**** Exercise material ****

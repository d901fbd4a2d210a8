// A leaf of a scenario, by the table of its nodes.
ghost use Rattle.std.specs.Prelude.{◌≡◌, ◌<◌, ◌≤◌, length, option_map};
ghost use Rattle.gq_model.specs.machine.Scenario.{components};
ghost use Rattle.gq_laws.specs.Ready.{IsReady};
ghost use Rattle.gq_views.specs.internal.Table_leaves.{leaf_of, served_by};

use gq_laws::ready::served;
use gq_model::limits::GREATEST_LABEL;
use gq_model::program::Name;
use gq_program::program_tree::Program;
use gq_resolve::NodeTable;
use gq_scenario::scenario::LeafNo;
use std::marker::Model;

/// A leaf of a scenario that can be run, by its number in the table of the nodes. No call walks the tree.
#[derive(Drop)]
pub struct TableLeaf<'a> {
    table: &'a NodeTable,
    leaf: LeafNo,
}

impl<'a> Model for TableLeaf<'a> {
    ghost use Rattle.std.specs.Coded.{codes};
    ghost use Rattle.gq_model.specs.internal.Stored.{statements_code, nodes_code};
    ghost use Rattle.gq_views.specs.internal.Table_leaves.{IsThere, LeafOfAll, leaf_of};

    ghost Value = { LeafOfAll };

    ghost coded = { Prim.hlevel (
      codes,
      statements_code (Prim.hlevel codes),
      nodes_code (Prim.hlevel (codes, statements_code (Prim.hlevel codes))) (Prim.hlevel codes),
    ) };

    ghost view = { λ l. leaf_of l.table.now l.leaf };

    ghost invariant = { λ l. IsThere l.table.now l.leaf };
}

impl<'a> TableLeaf<'a> {
    /// The leaf of this number.
    pub fn new(table: &'a NodeTable, leaf: LeafNo) -> TableLeaf<'a>
        requires ready { IsReady table.now }
        requires leaf { leaf < length (components table.now) }
        ensures { result ≡ leaf_of table.now leaf }
    {
        TableLeaf { table, leaf }
    }

    /// Its label: the names from the root's down, joined by arrows.
    pub fn label(&self) -> &'a [u8]
        ensures label { result.now ≡ self.now.component.label }
        ensures short { length result.now ≤ GREATEST_LABEL }
    {
        self.table.label(self.table.node(self.leaf))
    }

    /// Its program.
    pub fn program(&self) -> &'a Program
        ensures { result.now ≡ self.now.component.node.program }
    {
        &self.table.programs()[self.leaf.index()]
    }

    /// The service that it provides, if it provides one.
    pub fn provides(&self) -> Option<&'a Name>
        ensures { option_map (λ n. n.now) result ≡ self.now.component.node.provides }
    {
        match self.table.service(self.leaf) {
            Some(number) => {
                let (service, _interface) = &self
                    .table
                    .scenario()
                    .interfaces()
                    .entries()[number as usize];
                Some(service)
            }
            None => None,
        }
    }

    /// The leaf that serves its sessions of a service; none where no statement of its program opens the service.
    pub fn server(&self, service: &Name) -> Option<LeafNo>
        ensures { result ≡ served_by self.now service.now }
    {
        served();
        let interfaces = self.table.scenario().interfaces();
        let _entries = interfaces.entries();
        match interfaces.place(service.as_bytes()) {
            Some(number) => self.table.server(self.leaf, number as u32),
            None => None,
        }
    }
}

****

#### Exercise instructions:
Lines above that have "codes": copy each of them.

#### Task output:
    ghost use Rattle.std.specs.Coded.{codes};
      codes,
      statements_code (Prim.hlevel codes),
      nodes_code (Prim.hlevel (codes, statements_code (Prim.hlevel codes))) (Prim.hlevel codes),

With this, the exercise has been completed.